When I say "the tools are currently not ready", it is because I use them on a regular basis. I think even to get to 5 minutes (with best out of 3), we are going to need something like 4o imagegen but for video.
OpenAI generally "teases" features about 1 year before the release them. That means that if 4.5 videogen was on its way in 2026, we would at least have seen a preview of it by now. The best model currently (if you need consistent characters/objects) is Runway Gen 4,
but if you look at one of their shorts you will see that even a professional artist spending (what I assume was 10s of hours) cannot put together a 2 minute clip with rock-solid character consistency. There is absolutely no way that an AI agent would do better than the human who created this short.
@GG This is useful clarity, they should include that kind of specification in the market description tbh.
If they mean any movie can be made from one system with a single prompt, the probability plummets, if the bar is what they've written here, a "pretty good" "big budget studio" film, then it could be a passable 60 minute kids movie on Netflix which I give roughly 70% odds.
I think people have shared good thoughts in this thread and I take them into consideration, but I also think 3 years is a pretty long time.

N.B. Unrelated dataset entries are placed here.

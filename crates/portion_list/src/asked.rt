// A call as the list gives it, and the running state that it is given. specs/Asked.antt has what is made of its numbers; what
// is read is open, since no contract says what a file holds.

ghost use Rattle.std.specs.Prelude.{◌≡◌, ◌≤◌};
ghost use Rattle.portion_list.specs.Asked as spec;

use lists::lent::BEFORE;
use lists::list::{double, read, word};
use std::io::Read;

// The set of parameters.
#[derive(Clone, Copy)]
pub struct Chosen {
    pub tolerance: f64,
    pub rounds: u64,
    pub limit: u64,
    pub weight: f64,
}

// How many doubles are lent.
#[derive(Clone, Copy)]
pub struct Lengths {
    pub state: u64,
    pub scratch: u64,
    pub poses: u64,
    pub frames: u64,
    pub errors: u64,
}

// Which of the two calls: `Begin` is 0 in the list, and `On` is 1.
#[derive(Clone, Copy)]
pub enum Step {
    Begin,
    On,
}

// A number that names no call.
#[derive(Clone, Copy)]
pub struct UnknownStep(pub u64);

impl TryFrom<u64> for Step {
    type Error = UnknownStep;

    ghost try_from_gives = { spec.Decodes };

    fn try_from(n: u64) -> Result<Step, UnknownStep> {
        match n {
            0 => Ok(Step::Begin),
            1 => Ok(Step::On),
            _ => Err(UnknownStep(n)),
        }
    }
}

// Which call, if the list names one; the drag, what it chooses, the portion, the counts of unknowns and of rows, what it is lent; how many doubles the
// list then gives for the state, 0 if the running state is the one that the call before left.
#[derive(Clone, Copy)]
pub struct Call {
    pub step: Option<Step>,
    pub drag: u64,
    pub chosen: Chosen,
    pub portion: u64,
    pub unknowns: u64,
    pub rows: u64,
    pub lengths: Lengths,
    pub given: u64,
}

// The rounds done, the run, and the state's memory, of which the list gave so many doubles.
#[derive(Clone, Copy)]
pub struct Running {
    pub done: u64,
    pub run: u64,
    pub given: u64,
    pub doubles: [f64; 256],
}

fn next_chosen(file: &mut impl Read) -> Chosen {
    Chosen {
        tolerance: double(file),
        rounds: word(file),
        limit: word(file),
        weight: double(file),
    }
}

fn next_lengths(file: &mut impl Read) -> Lengths {
    Lengths {
        state: word(file),
        scratch: word(file),
        poses: word(file),
        frames: word(file),
        errors: word(file),
    }
}

pub fn next_call(file: &mut impl Read) -> Call {
    Call {
        step: Step::try_from(word(file)).ok(),
        drag: word(file),
        chosen: next_chosen(file),
        portion: word(file),
        unknowns: word(file),
        rows: word(file),
        lengths: next_lengths(file),
        given: word(file),
    }
}

// n, or most if that is less.
pub fn at_most(n: u64, most: usize) -> usize
    ensures { (result ≡ spec.at_most n most) × (result ≤ most) }
{
    if n > most as u64 { most } else { n as usize }
}

// The running state that the list gives, or else the one that is left.
pub fn next_running(file: &mut impl Read, given: u64, left: Running) -> Running {
    if given == 0 {
        return left;
    }
    let done = word(file);
    let run = word(file);
    let mut doubles = [BEFORE; 256];
    read(file, &mut doubles[..at_most(given, 256)]);
    Running {
        done,
        run,
        given,
        doubles,
    }
}

#[tactic(auto, unfolding(crate::specs::Asked::lengths_fit))]
fn lengths_fit(l: Lengths, given: u64) -> bool
    ensures { result ≡ spec.lengths_fit l given }
{
    (1 <= given)
        & ((given <= 256)
            & ((l.state <= given)
                & ((l.scratch <= 4096)
                    & ((l.poses <= 256) & ((l.frames <= 256) & (l.errors <= 256))))))
}

#[tactic(auto, unfolding(crate::specs::Asked::counts_fit))]
fn counts_fit(c: Call, q: Chosen) -> bool
    ensures { result ≡ spec.counts_fit c q }
{
    c.step.is_some()
        & ((c.drag <= 0xFFFF)
            & ((q.rounds <= 0xFFFF_FFFF)
                & ((q.limit <= 0xFFFF_FFFF)
                    & ((c.portion <= 0xFFFF_FFFF)
                        & ((c.unknowns <= 0xFFFF_FFFF) & (c.rows <= 0xFFFF_FFFF))))))
}

// Whether each number of a call can be handed over as it stands, and what is lent is there to lend: of the running state, the doubles given, the rounds done and the run.
pub fn fits(c: Call, given: u64, done: u64, run: u64) -> bool
    ensures { result ≡ spec.fits c given done run }
{
    let counts = counts_fit(c, c.chosen);
    let lengths = lengths_fit(c.lengths, given);
    counts & (lengths & ((done <= 0xFFFF_FFFF) & (run <= 0xFF)))
}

Progress often seems slow when development is happening behind the scenes, the issues are relatively well understood and don't require a breakthrough, they require continued refinement, integration, and greater reliability. This will all happen incrementally across many companies all competing for one of the largest attention markets on earth (short and long form video)
@FraserPaine I absolutely wish we had better resolution criteria. One of my main problems with many markets. Ultimately this market resolves to Scott Alexander's subjective opinion of "pretty good" since there no doubt will be AI generated movies in 2028.
If I had written it I would have included specific criteria like:
A casual viewer does not notice AI artifacts such as:
plot points that are missing, repeated or otherwise incoherent
characters whose appearance/outfit shifts spontaneously
the gooey "warping" feeling most AI generated videos have
Essentially a weaker Turing-test. If you took your kid to see this movie at the theatre, would your first reaction be "this is AI generated slop" or not?
Alternatively, could just resolve on the highest grossing AI movie having a WW box office >$1B (inflation adjusted)
I know people have repeatedly asked the market creator or SA to add better resolution criteria... I guess I'm one of those people.